Start of Data shown
//! Tests of calls for which memory is wanting: in turn after turn a little more is left, until the call answers. Each turn that is
//! refused answers want of memory and nothing else, and leaves what it was lent, or a context that may be left then. `rt test` runs them;
//! `rt try --test` has an allocator of its own, which refuses nothing here, so they fail there.
#![tactic(auto)]

#[cfg(test)]
mod arguments;
#[cfg(test)]
mod conversions;
#[cfg(test)]
mod demo;
#[cfg(test)]
mod failing;
#[cfg(test)]
mod inputs;
mod log;
mod log_types;
#[cfg(test)]
mod logging;
#[cfg(test)]
mod looking;
#[cfg(test)]
mod parsing;
#[cfg(test)]
mod registering;
#[cfg(test)]
mod turns;
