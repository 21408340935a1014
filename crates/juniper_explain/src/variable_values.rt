//! Explanations of given values of variables (CoerceVariableValues, section 6.1.2 of the Specification).

ghost use Rattle.std.specs.Prelude.{◌≡◌, ◌++◌, IfOk, None, OnOk, Some, map, not, option_map};
ghost use Rattle.graphql_spec.specs.Documents.{variables_of};
ghost use Rattle.graphql_spec.specs.Requests.{item_of};
ghost use Rattle.graphql_spec.specs.Types.{required};
ghost use Rattle.juniper_meta.specs.MetaView.{view_type};
ghost use Rattle.juniper_rules.specs.GivenView.{view_given_values};
ghost use Rattle.juniper_schema.specs.SchemaView.{view_schema};
ghost use Rattle.juniper_syntax.specs.Positions.{view_position, view_spanning};
ghost use Rattle.juniper_syntax.specs.DocumentView.{view_operation, view_variable};
ghost use Rattle.juniper_syntax.specs.InputView.{view_input, view_variables};
ghost use Rattle.juniper_explain.specs.GivenValues.{absent_reasons, absent_text, variable_explanations, variable_reasons, view_variable_explanations};
ghost use Rattle.juniper_explain.specs.Reasons.{text_unless};
ghost use Rattle.juniper_explain.specs.ReasonsView.{view_messages};

use crate::reasons::explain_value;
use crate::value_parts::{ValuePlace, say};
use crate::variables::{default_text, listed};
use juniper_rules::Given;
use juniper_schema::SchemaType;
use juniper_syntax::{
    DefinedVariable, InputValue, Operation, ScalarValue, SourcePosition, Span, Spanning, Type,
    Variables,
};
use juniper_type_rules::owned_type;
use std::alloc::{AllocError, Global};

/// Why a variable has no fitting value.
#[derive(Debug, Drop, Eq, PartialEq)]
pub struct VariableExplanation {
    /// Where the variable is defined: the place of the error that is listed of it.
    pub location: SourcePosition,
    /// What is wrong with its value, or with a part of it, whose path the text names.
    pub message: String,
}

/// Why given values of variables do not fit: for each error that
/// [`validate_input_values`](juniper_rules::validate_input_values) lists, in the order of that list, one explanation or more,
/// at the place of the error. Each is of a part of the given value that does not fit the type of its place, and names that part
/// by its path, as `$f.filter[0].name`; or it says that no value is given. There are none exactly where all values fit
/// (CoerceVariableValues, 6.1.2). An error where memory is refused.
pub fn explain_variables<S: ScalarValue>(
    alloc: Global,
    variables: &Variables<S>,
    operation: &Spanning<Operation<'_, S>, Span>,
    schema: &SchemaType<S>,
) -> Result<Vec<VariableExplanation>, AllocError>
    ensures { IfOk result (λ es. view_variable_explanations es.items ≡ variable_explanations (view_schema S.shown schema.now)
        (variables_of (view_operation S.shown operation.now)) (view_variables S.shown variables.now)) }
{
    let given = Given::new(alloc, operation, variables)?;
    let defined = listed(&operation.item.variable_definitions);
    let explanations = explain_each(alloc, schema, defined, &given)?;
    Ok(explanations)
}

/// Why the given values of these variables do not fit.
fn explain_each<S: ScalarValue>(
    alloc: Global,
    schema: &SchemaType<S>,
    defined: &[DefinedVariable<'_, S>],
    given: &Given<'_, S>,
) -> Result<Vec<VariableExplanation>, AllocError>
    ensures { IfOk result (λ es. view_variable_explanations es.items ≡ variable_explanations (view_schema S.shown schema.now)
        (map (view_variable S.shown) defined.now) (view_given_values S.shown given.now)) }
{
    let mut explanations = Vec::new(alloc);
    for variable in defined {
        let mut messages = Vec::new(alloc);
        explain_variable(alloc, schema, variable, given, &mut messages)?;
        add_all(variable.0.span.start, messages, &mut explanations)?;
    }
    Ok(explanations)
}

/// Adds explanations with these texts, at a place.
fn add_all(
    location: SourcePosition,
    messages: Vec<String>,
    explanations: &mut Vec<VariableExplanation>,
) -> Result<(), AllocError>
    ensures { OnOk result (view_variable_explanations explanations.new.items ≡ view_variable_explanations explanations.old.items
        ++ map (λ x. record { place = view_position location; text = x }) (view_messages messages.items)) }
{
    for message in messages {
        explanations.push(VariableExplanation { location, message })?;
    }
    Ok(())
}

/// Adds what is wrong with a variable's given value; without one, with its default or with its absence.
fn explain_variable<S: ScalarValue>(
    alloc: Global,
    schema: &SchemaType<S>,
    variable: &DefinedVariable<'_, S>,
    given: &Given<'_, S>,
    messages: &mut Vec<String>,
) -> Result<(), AllocError>
    ensures { OnOk result (view_messages messages.new.items ≡ view_messages messages.old.items
        ++ variable_reasons (view_schema S.shown schema.now) (view_variable S.shown variable.now)
        (view_given_values S.shown given.now variable.now.0.item.now)) }
{
    let name = variable.0.item;
    let reference = owned_type(alloc, &variable.1.var_type.item)?;
    match given.get(name) {
        Some(value) => {
            let place = ValuePlace::Variable(name);
            explain_value(alloc, schema, value, &reference, &place, messages)
        }
        None => {
            let default = &variable.1.default_value;
            explain_absent(alloc, schema, name, &reference, default, messages)
        }
    }
}

/// Adds that a variable for which no value is given is missing, or that its default does not fit.
fn explain_absent<S: ScalarValue>(
    alloc: Global,
    schema: &SchemaType<S>,
    name: &str,
    reference: &Type<String>,
    default: &Option<Spanning<InputValue<S>, Span>>,
    messages: &mut Vec<String>,
) -> Result<(), AllocError>
    ensures { OnOk result (view_messages messages.new.items ≡ view_messages messages.old.items
        ++ absent_reasons (view_schema S.shown schema.now) name.now (view_type reference.now)
        (item_of (option_map (view_spanning (view_input S.shown)) default.now))) }
{
    match default {
        Some(value) => explain_default(alloc, schema, name, reference, &value.item, messages),
        None => explain_missing(alloc, name, reference, messages),
    }
}

/// Adds that the default of a variable does not fit its type, where it does not.
#[tactic(auto, unfolding(crate::specs::GivenValues::absent_reasons, crate::specs::GivenValues::absent_text, crate::specs::Reasons::text_unless, graphql_spec::specs::Requests::default_fits))]
fn explain_default<S: ScalarValue>(
    alloc: Global,
    schema: &SchemaType<S>,
    name: &str,
    reference: &Type<String>,
    default: &InputValue<S>,
    messages: &mut Vec<String>,
) -> Result<(), AllocError>
    ensures { OnOk result (view_messages messages.new.items ≡ view_messages messages.old.items
        ++ absent_reasons (view_schema S.shown schema.now) name.now (view_type reference.now) (Some (view_input S.shown default.now))) }
{
    if schema.fits(default, reference, false) {
        return Ok(());
    }
    let message = default_text(alloc, default, name, reference)?;
    say(messages, message)
}

/// Adds that a variable without default is missing, where its type is non-null.
#[tactic(auto, unfolding(crate::specs::GivenValues::absent_text, crate::specs::Reasons::text_unless))]
fn explain_missing(
    alloc: Global,
    name: &str,
    reference: &Type<String>,
    messages: &mut Vec<String>,
) -> Result<(), AllocError>
    ensures { OnOk result (view_messages messages.new.items ≡ view_messages messages.old.items
        ++ text_unless (not (required (view_type reference.now))) (absent_text name.now (view_type reference.now) None)) }
{
    if !reference.is_non_null() {
        return Ok(());
    }
    let message = format!(in alloc; "Variable `${name}` is missing; it is `{reference}`")?;
    say(messages, message)
}
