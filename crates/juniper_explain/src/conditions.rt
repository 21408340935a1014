//! The names of types in conditions: KnownTypeNames and FragmentsOnCompositeTypes (sections 5.5.1.2 and 5.5.1.3 of the
//! Specification).

ghost use Rattle.std.specs.Prelude.{OnOk};
ghost use Rattle.std.specs.List.{flat_map};
ghost use Rattle.juniper_schema.specs.SchemaView.{view_schema};
ghost use Rattle.juniper_syntax.specs.DocumentView.{view_word};
ghost use Rattle.juniper_explain.specs.Adding.{Adds};
ghost use Rattle.juniper_explain.specs.Nodes.{other_condition, unknown_type};
ghost use Rattle.juniper_explain.specs.Words.{view_words};

use crate::explanation::{Explanation, Wording, add_named};
use crate::rule::Rule;
use juniper_schema::SchemaType;
use juniper_syntax::{ScalarValue, Span, Spanning};
use std::alloc::{AllocError, Global};

/// What is said of a name at which nothing is declared.
const UNKNOWN_TYPE: Wording<'static> = Wording {
    rule: Rule::KnownTypeNames,
    before: "Unknown type `",
    after: "`",
};

/// What is said of a condition that has no fields.
const OTHER_CONDITION: Wording<'static> = Wording {
    rule: Rule::FragmentsOnCompositeTypes,
    before: "Fragment on `",
    after: "`, which is no object, interface or union",
};

/// Explains the conditions at whose names nothing is declared.
pub(crate) fn explain_unknown_conditions<S: ScalarValue>(
    alloc: Global,
    schema: &SchemaType<S>,
    conditions: &Vec<Spanning<&str, Span>>,
    explanations: &mut Vec<Explanation>,
) -> Result<(), AllocError>
    ensures { OnOk result (Adds explanations.old.items explanations.new.items
        (flat_map (unknown_type (view_schema S.shown schema.now)) (view_words conditions.now.items))) }
{
    for index in 0..conditions.len() {
        let condition = conditions[index];
        explain_type(alloc, schema, &condition, explanations)?;
    }
    Ok(())
}

/// Explains a name at which nothing is declared.
#[tactic(auto, unfolding(crate::specs::Nodes::unknown_type))]
pub(crate) fn explain_type<S: ScalarValue>(
    alloc: Global,
    schema: &SchemaType<S>,
    word: &Spanning<&str, Span>,
    explanations: &mut Vec<Explanation>,
) -> Result<(), AllocError>
    ensures { OnOk result (Adds explanations.old.items explanations.new.items (unknown_type (view_schema S.shown schema.now) (view_word word.now))) }
{
    let is_unknown = schema.is_unknown(word.item);
    add_named(alloc, explanations, is_unknown, word, &UNKNOWN_TYPE)
}

/// Explains the conditions that are no objects, interfaces or unions.
pub(crate) fn explain_other_conditions<S: ScalarValue>(
    alloc: Global,
    schema: &SchemaType<S>,
    conditions: &Vec<Spanning<&str, Span>>,
    explanations: &mut Vec<Explanation>,
) -> Result<(), AllocError>
    ensures { OnOk result (Adds explanations.old.items explanations.new.items
        (flat_map (other_condition (view_schema S.shown schema.now)) (view_words conditions.now.items))) }
{
    for index in 0..conditions.len() {
        let condition = conditions[index];
        explain_other_condition(alloc, schema, &condition, explanations)?;
    }
    Ok(())
}

/// Explains a condition that is no object, interface or union.
#[tactic(auto, unfolding(crate::specs::Nodes::other_condition))]
fn explain_other_condition<S: ScalarValue>(
    alloc: Global,
    schema: &SchemaType<S>,
    word: &Spanning<&str, Span>,
    explanations: &mut Vec<Explanation>,
) -> Result<(), AllocError>
    ensures { OnOk result (Adds explanations.old.items explanations.new.items (other_condition (view_schema S.shown schema.now) (view_word word.now))) }
{
    let is_other = !schema.is_composite(word.item);
    add_named(alloc, explanations, is_other, word, &OTHER_CONDITION)
}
End of Data shown
Scan each line above for the string "which". Give the tally and nothing else.

6